Проплывая мимо старинного дома, окованного железом, мы услышали звуки оркестра. Это был один из больших жилых домов, черных снаружи, роскошных внутри, где коренные греки, фанариоты, прячут свои богатства, свои бриллианты и свои парижские туалеты.
…Шум празднества утонул в тумане, и мы снова погрузились в тишину и мрак.
Какая-то птица тяжело кружила вокруг нашей лодки, то отставая, то снова нас догоняя.
– Бу фена (плохо дело)! – сказал Ахмет, не поворачиваясь.
– Байкуш? (Это сова?) – спросила Азиаде, закутанная с ног до головы в покрывало.
Когда речь шла об их верованиях и предрассудках, они обычно разговаривали только друг с другом, совершенно не принимая меня в расчет.
– Бу чок фена, Лоти, – сказала она наконец, взяв меня за руку, – амма сен… билмешин. (Это очень плохо, Лоти, но ты… ты не поймешь!..)
Было как-то странно смотреть, как жуткая птица кружит в зимней ночи; она сопровождала нас более часа, пока мы шли от причала Фанара к причалу Эюпа.
В эту ночь в Золотом Роге дул ужасный ветер; мелкий ледяной дождь не переставал. Наш фонарь погас, и мы могли нарваться на башибузуков, а это грозило обернуться бедой для всех троих.
На траверсе Балата нам повстречались лодки с иудеями. Иудеи, заселившие в этом месте оба берега, Балат и Пири-Пашу [50], навещают в этот вечер соседей или возвращаются из главной синагоги, и лишь на этом участке можно обнаружить в эту ночь какое-то движение.
Проходя мимо нас, они пели жалобные песни на своем иудейском языке. Сова продолжала свои пируэты над нашими головами, а Азиаде плакала от холода и страха.
Что это была за радость, когда мы бесшумно, в глубокой темноте пришвартовали нашу лодку у причала Эюпа!
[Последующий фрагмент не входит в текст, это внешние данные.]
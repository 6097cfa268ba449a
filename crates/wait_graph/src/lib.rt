// Who waits for whom, as sets: each transaction points to those that block it, to their ancestors that aren't its own, and to its children.
#![tactic(auto)]

ghost use Rattle.std.specs.Prelude.{◌≡◌, not, ◌&&◌, ◌||◌, ℕ, ◌/◌, ◌%◌, ◌<◌, length, get_or, IfOk};
ghost use Rattle.laws.specs.Tests.{same};
ghost use Rattle.laws.specs.Bits.{bits};
ghost use Rattle.leaf_set.specs.Sets.{sets};
ghost use Rattle.state_array.specs.Changes.{access_when, Rows};
ghost use Rattle.state_array.specs.Kin.{lives_in};
ghost use Rattle.wait_graph.specs.Pointing.{child_points, row_of, row_refusal, rows_refusal, pointed_to, waited_on, row_in, rows_in, RowInRange, number_of_refusal, refused_with};

// Who blocks t: who holds the lock and isn't t, who retains it and isn't above t.
fn blockers(held: u32, retained: u32, above: u32, t: u8) -> u32
    requires { t < 24 }
    ensures { bits result ≡ (λ b. (not (same b t) && bits held b) || (not (bits above b) && bits retained b)) }
{
    leaf_set::without(held, t) | leaf_set::minus(retained, above)
}

// The members of m, and where b blocks, b and those of its line that aren't above the waiter.
fn reach_one(m: u32, blocking: bool, line: u32, above: u32, b: u8) -> u32
    requires { b < 24 }
    ensures { bits result ≡ (λ u. bits m u || (blocking && ((not (bits above u) && bits line u) || same u b))) }
{
    if blocking {
        return m | leaf_set::with(leaf_set::minus(line, above), b);
    }
    m
}

// Those that block, and their ancestors that aren't above the waiter.
fn reach(line: &[u32; 24], by: u32, above: u32) -> u32
    ensures { bits result ≡ pointed_to (sets line.now) (bits above) (bits by) }
{
    let mut m = 0u32;
    for (b, &own) in line.iter().enumerate() {
        let blocking = leaf_set::contains(by, b as u8);
        m = reach_one(m, blocking, own, above, b as u8);
    }
    m
}

// Those that t points to while it waits for record r. (`reading` is a bool for the reason that state_lock gives at `barring_place`.)
fn awaited(
    line: &[u32; 24],
    held: &[u32; 32],
    retained: &[u32; 32],
    t: u8,
    r: usize,
    reading: bool,
) -> u32
    requires { (t < 24) × (r < 16) }
    ensures { bits result ≡ waited_on (sets line.now) (sets held.now) (sets retained.now) (access_when reading) t r }
{
    let k = state_lock::barring_place(r, reading);
    let above = line[t as usize];
    let by = blockers(held[k], retained[k], above, t);
    reach(line, by, above)
}

// The row w adds what its transaction points to.
fn point(points: &mut [u32; 24], line: &[u32; 24], held: &[u32; 32], retained: &[u32; 32], w: u32)
    requires { RowInRange (row_of w) × (length points.old ≡ 24) }
    ensures { let before = sets points.old in
        let row = row_in (sets line.now) (sets held.now) (sets retained.now) (row_of w) in
        Rows 24 (λ t u. before t u || row t u) points.new }
{
    let t = (w / 65536 % 256) as u8;
    let r = (w / 256 % 256) as usize;
    let reading = w % 256 != 0;
    let i = t as usize;
    points[i] = points[i] | awaited(line, held, retained, t, r, reading);
}

// Each transaction points to its live children.
fn to_children(parent: &[u8; 24], depth: &[u8; 24]) -> [u32; 24]
    requires { (length parent.now ≡ 24) × (length depth.now ≡ 24) × ((u : ℕ) → get_or parent.now u 0 < 32) }
    ensures { Rows 24 (child_points parent.now depth.now) result }
{
    let children = state_tree::children_of(parent, depth);
    let mut points = [0u32; 24];
    points.copy_from_slice(&children[..24]);
    points
}

// Who each transaction points to: its children, and for each row those that its waiter waits for.
pub fn pointings(
    parent: &[u8; 24],
    depth: &[u8; 24],
    line: &[u32; 24],
    held: &[u32; 32],
    retained: &[u32; 32],
    words: &[u32],
) -> [u32; 24]
    requires { (length parent.now ≡ 24) × (length depth.now ≡ 24) × ((u : ℕ) → get_or parent.now u 0 < 32)
        × ((i : ℕ) → i < length words.now → RowInRange (row_of (get_or words.now i 0))) }
    ensures { let children = child_points parent.now depth.now in
        Rows 24 (rows_in children (sets line.now) (sets held.now) (sets retained.now) words.now (length words.now)) result }
{
    let mut points = to_children(parent, depth);
    for &w in words {
        point(&mut points, line, held, retained, w);
    }
    points
}

// Why a row is refused, with the number that the report answers: its mode is bad, its transaction isn't live, there is no such record.
#[derive(Clone, Copy, Debug, PartialEq, Eq)]
pub enum RowRefusal {
    BadMode = 1,
    NotLive = 5,
    NoRecord = 23,
}

impl RowRefusal {
    // The number that the report answers.
    #[tactic(auto, unfolding(crate::specs::Pointing::number_of_refusal))]
    pub fn number(self) -> u8
        ensures { result ≡ number_of_refusal self }
    {
        self as u8
    }
}

// A row is refused if its transaction is dead, its record bad or its mode bad, in this order.
fn check_row(depth: &[u8; 24], w: u32) -> Result<(), RowRefusal>
    requires { length depth.now ≡ 24 }
    ensures refusal { refused_with result ≡ row_refusal (lives_in depth.now) (row_of w) }
    ensures in_range { IfOk result (λ _. RowInRange (row_of w)) }
{
    let t = (w / 65536) as usize;
    if 24 <= t {
        return Err(RowRefusal::NotLive);
    }
    if depth[t] == 0 {
        return Err(RowRefusal::NotLive);
    }
    if 15 < w / 256 % 256 {
        return Err(RowRefusal::NoRecord);
    }
    if 1 < w % 256 {
        return Err(RowRefusal::BadMode);
    }
    Ok(())
}

// Rows are refused as the first of them that is.
pub fn check_rows(depth: &[u8; 24], words: &[u32]) -> Result<(), RowRefusal>
    requires { length depth.now ≡ 24 }
    ensures refusal { refused_with result ≡ rows_refusal (lives_in depth.now) words.now 0 (length words.now) }
    ensures in_range { IfOk result (λ _. (i : ℕ) → i < length words.now → RowInRange (row_of (get_or words.now i 0))) }
{
    for &w in words {
        check_row(depth, w)?;
    }
    Ok(())
}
Спрыгнуть в тину, перебраться по дощечкам на берег (мы знали эти дощечки как свои пять пальцев), пересечь маленькую пустовавшую площадь, беззвучно открыть запоры и замки и снова закрыть их за собой; окинуть беглым взглядом темные комнаты первого этажа, проход под лестницей и кухней, сбросить обувь, в которой чавкала грязь, и промокшую одежду; ступить босиком на белые циновки, пожелать спокойной ночи Ахмету, ушедшему к себе; войти в нашу комнату и запереть ее на ключ; задернуть за собой арабскую красно-белую портьеру; сесть на пушистый ковер перед медной жаровней, хранившей жар с утра и испускающей теперь приятное тепло, смешанное с серальскими благовониями и запахом розовой воды… все это давало, по крайней мере на двадцать четыре часа, ощущение надежного приюта и бесконечное счастье – быть вместе!